When the job is running, if it is an interactive mpich-g2 job,
the output should be similar to the following:
Subjob0: my_id
0 numprocs 2
Subjob0: Number of trips around the
ring ? 2
Subjob0: Verbosity (yes/no) ? yes
Subjob0: Processor name:
cg05.ific.uv.es
Subjob0: Starting trip 1 of 2:
before sending num=1 to dest=1
Subjob0: Inside trip 1 of 2: before
receiving from source=1
Subjob0: End of trip 1 of 2: after
receiving passed_num=2 (should be =trip*numprocs=2) from source=1
Subjob0: Starting trip 2 of 2:
before sending num=3 to dest=1
Subjob0: Inside trip 2 of 2: before
receiving from source=1
Subjob0: End of trip 2 of 2: after
receiving passed_num=4 (should be =trip*numprocs=4) from source=1
Subjob0:
>>>>>>>>>>>>>>> INTERACTIVE JOB FINISHED
<<<<<<<<<<<<<<<
Subjob1: my_id
1 numprocs 2
Subjob1: Processor name:
cg04.ific.uv.es
Subjob1: Top of trip 1 of 2: before
receiving from source=0
Subjob1: Inside trip 1 of 2: after
receiving passed_num=1 from source=0
Subjob1: Inside trip 1 of 2: before
sending passed_num=2 to dest=0
Subjob1: Bottom of trip 1 of 2:
after send to dest=0
Subjob1: Top of trip 2 of 2: before
receiving from source=0
Subjob1: Inside trip 2 of 2: after
receiving passed_num=3 from source=0
Subjob1: Inside trip 2 of 2: before
sending passed_num=4 to dest=0
Subjob1: Bottom of trip 2 of 2:
after send to dest=0
Subjob1:
>>>>>>>>>>>>>>> INTERACTIVE JOB FINISHED
<<<<<<<<<<<<<<<
Note that “Subjob0” and “Subjob1” indicates the mpich process id.
However, if it is an interactive mpich-p4 job, the output will be the following:
my_id 0 numprocs
2
Number of trips around the ring ? 2
Verbosity (yes/no)
? yes
my_id 1 numprocs
2
Slave 1: Processor name:
cg04.ific.uv.es
Slave 1: top of trip 1 of 2: before
receiving from source=0
Slave 1: inside trip 1 of 2: after
receiving passed_num=1 from source=0
Slave 1: inside trip 1 of 2: before
sending passed_num=2 to dest=0
Slave 1: bottom of trip 1 of 2:
after send to dest=0
Slave 1: top of trip 2 of 2: before
receiving from source=0
Slave 1: inside trip 2 of 2: after
receiving passed_num=3 from source=0
Slave 1: inside trip 2 of 2: before
sending passed_num=4 to dest=0
Slave 1: bottom of trip 2 of 2:
after send to dest=0
Master: Processor name:
cg06.ific.uv.es
Master: starting trip 1 of 2:
before sending num=1 to dest=1
Master: inside trip 1 of 2: before
receiving from source=1
Master: end of trip 1 of 2: after
receiving passed_num=2 (should be =trip*numprocs=2) from source=1
Master: starting trip 2 of 2:
before sending num=3 to dest=1
Master: inside trip 2 of 2: before
receiving from source=1
Master: end of trip 2 of 2: after
receiving passed_num=4 (should be =trip*numprocs=4) from source=1
>>>>>>>>>>>>>>> INTERACTIVE JOB
FINISHED
<<<<<<<<<<<<<<<
Note that when the job is an interactive mpich-p4, the execution not shows “Subjob0” nor “SubjobN” strings because in this case we show the mpirun output.
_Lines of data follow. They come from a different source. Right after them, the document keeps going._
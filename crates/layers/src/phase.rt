ghost use Rattle.std.specs.Prelude.{◌≡◌, ◌+◌, ◌*◌, ◌≤◌};
ghost use Rattle.layers.specs.King.{phase_size};
ghost use Rattle.layers.specs.Views.{given};

use crate::layer::Instance;

// The bytes of words that a phase has: n² votes, n² proposals and n bytes of the king.
pub fn phase_size(n: usize) -> usize
    requires { n ≤ 16 }
    ensures { result ≡ phase_size n }
{
    2 * (n * n) + n
}

// What the replicas see of a phase; its words start at `start`, far below where a sum could wrap.
#[derive(Drop)]
pub struct Phase<'a> {
    pub instance: Instance<'a>,
    pub king: usize,
    pub start: usize,
    ghost turn: { king ≤ instance.f },
    ghost starts: { start ≡ instance.n + king * phase_size instance.n },
    ghost low: { start ≤ 65024 },
}

impl<'a> Phase<'a> {
    // The phase of a king.
    pub fn new(instance: &Instance<'a>, king: usize) -> Phase<'a>
        requires { king ≤ instance.now.f }
        ensures given { given result.instance ≡ given instance.now }
        ensures king { result.king ≡ king }
    {
        Phase {
            instance: *instance,
            king,
            start: instance.n + king * phase_size(instance.n),
        }
    }
}
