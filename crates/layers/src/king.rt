ghost use Rattle.std.specs.Prelude.{◌≡◌, ℕ, ◌<◌, ◌≤◌, length};
ghost use Rattle.quorum.specs.Counting.{bit as is_set};
ghost use Rattle.layers.specs.King.{king, king_size};
ghost use Rattle.layers.specs.Views.{bits_of};
ghost use Rattle.layers.specs.Agreement.{king_bounded, king_agreement, king_validity};

use crate::layer::{Instance, Layer};
use crate::phase::{Phase, phase_size};
use crate::table::fill;

// The replicas' bits after the sender gave its own, and after f + 1 phases.
fn last_bits(instance: &Instance<'_>) -> [bool; 16]
    ensures { let g = instance.now in (i : ℕ) → i < g.n → bits_of result i ≡ king g.n g.f g.marks g.sender g.bit g.words.now i }
{
    let mut bits = fill(
        instance.n,
        false,
        |i| instance.bit_from(instance.sender, instance.bit, i),
    );
    for king in 0..instance.f + 1 {
        bits = Phase::new(instance, king).run(&bits);
    }
    bits
}

// A word with the bits of the list.
fn gather(bits: &[bool]) -> u16
    requires { length bits.now ≤ 16 }
    ensures { (i : ℕ) → is_set result i ≡ bits_of bits.now i }
{
    let mut word: u16 = 0;
    for (j, b) in bits.iter().enumerate() {
        if *b {
            word |= 1 << j;
        }
    }
    word
}

// The phase king: f + 1 phases, of which one has a sound king.
#[derive(Clone, Copy)]
pub struct PhaseKing;

impl Layer for PhaseKing {
    ghost size = { λ _. king_size };

    ghost delivered = { λ _. king };

    ghost bounded = { λ l. king_bounded };

    ghost agreement = { λ l n f marks sender own words s few _. king_agreement n f marks sender own words s few };

    ghost validity = { λ l n f marks sender own words s few _. king_validity n f marks sender own words s few };

    fn size(&self, n: usize, f: usize) -> usize {
        n + (f + 1) * phase_size(n)
    }

    fn deliver(&self, instance: &Instance<'_>) -> u16 {
        let bits = last_bits(instance);
        gather(&bits[..instance.n])
    }
}
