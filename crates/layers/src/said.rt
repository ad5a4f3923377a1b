// What replicas say to one another, and how it is counted.
ghost use Rattle.std.specs.Prelude.{◌≡◌, ◌+◌, ◌<◌, true, false, if◌then◌else◌};
ghost use Rattle.layers.specs.declared.said.Said.{Said};
ghost use Rattle.layers.specs.declared.said.Said.TheVariants.{Silent};
ghost use Rattle.layers.specs.King.{says, aloud as bit_aloud, said, enough, takes};
ghost use Rattle.layers.specs.Views.{counted};

// Silent stands first: it is what an empty table holds.
#[derive(Clone, Copy)]
pub enum Said {
    Silent,
    Yes,
    No,
}

// How many said yes, and how many no.
#[derive(Clone, Copy, Default)]
pub struct Tally {
    pub yes: usize,
    pub no: usize,
}

// The bit that a replica took from the proposals, and whether enough proposed it to keep it against the king: no option, since a king gives its bit either way.
#[derive(Clone, Copy, Default)]
pub struct Taken {
    pub bit: bool,
    pub firm: bool,
}

// What a replica has and says to all in a round; `From` would promise a relation where a tally needs a function.
pub trait Message: Copy {
    // what it says
    ghost aloud: { Self → Said };

    // what a table reads as past its end
    ghost absent: { Self };

    fn say(self) -> Said
        ensures { result ≡ aloud self };
}

// A bit, as a vote says it.
impl Message for bool {
    ghost aloud = { bit_aloud };

    ghost absent = { false };

    fn say(self) -> Said {
        if self { Said::Yes } else { Said::No }
    }
}

// A proposal, said as it is.
impl Message for Said {
    ghost aloud = { λ s. s };

    ghost absent = { Silent };

    fn say(self) -> Said {
        self
    }
}

// What a byte of votes or proposals says.
impl From<u8> for Said {
    ghost from_gives = { λ byte s. s ≡ said byte };

    fn from(byte: u8) -> Said {
        match byte {
            1 => Said::Yes,
            0 => Said::No,
            _ => Said::Silent,
        }
    }
}

impl Said {
    // The bit of a replica that had `own` and then heard enough of this.
    pub fn or(self, own: bool) -> bool
        ensures { result ≡ takes self own }
    {
        match self {
            Said::Yes => true,
            Said::No => false,
            Said::Silent => own,
        }
    }
}

impl Tally {
    // The tally with one more said.
    pub fn with(self, s: Said) -> Tally
        requires yes { self.yes < 16 }
        requires no { self.no < 16 }
        ensures yes { result.yes ≡ self.yes + (if says true s then 1 else 0) }
        ensures no { result.no ≡ self.no + (if says false s then 1 else 0) }
    {
        // By cases, since adding the two tests as numbers takes a quarter more instructions.
        match s {
            Said::Yes => Tally {
                yes: self.yes + 1,
                ..self
            },
            Said::No => Tally {
                no: self.no + 1,
                ..self
            },
            Said::Silent => self,
        }
    }

    // How many said the bit.
    pub fn of(self, bit: bool) -> usize
        ensures { result ≡ counted self bit }
    {
        if bit { self.yes } else { self.no }
    }

    // The bit that at least `least` said, yes asked first.
    pub fn enough(self, least: usize) -> Said
        ensures { result ≡ enough least (counted self) }
    {
        if least <= self.yes {
            Said::Yes
        } else if least <= self.no {
            Said::No
        } else {
            Said::Silent
        }
    }
}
For that reason, it also has only one end string.
When all the mpich-g2 job subtasks have finished or when mpirun has finished, the following message will appear:
***************************************
Interactive
Session has finish correctly.
Removing
Listener and input/output streams...
Done
Press
<enter> to go to prompt
***************************************
However, if the user cancelled the job, by pressing ctrl+C, appears the next message in the console:
***************************************
Interactive Session ended by user.
Removing Listener and input/output
streams...
Done
Press <enter> to go to prompt
***************************************
If the job was cancelled, the job must be removed using the command edg-job-cancel, but if the job is not executing in the remote host, it can be restored with the edg-job-attach command:
edg-job-attach
https://aorbgrid.uab.es:9000/ta84GWSCp0qnuTH3g2N8yQ
**********************************************************************
JOB ATTACHED:
The Interactive Session Listener has been
successfully launched
with the following
parameters:
---
Host: 158.109.65.39
Port: 24501
**********************************************************************
***************************************
Interactive
Job console started for
https://aorbgrid.uab.es:9000/ta84GWSCp0qnuTH3g2N8yQ
Please
press ^C to exit from the session
***************************************
From then on, the job will continue its execution exactly as if the edg-job-submit command had been used.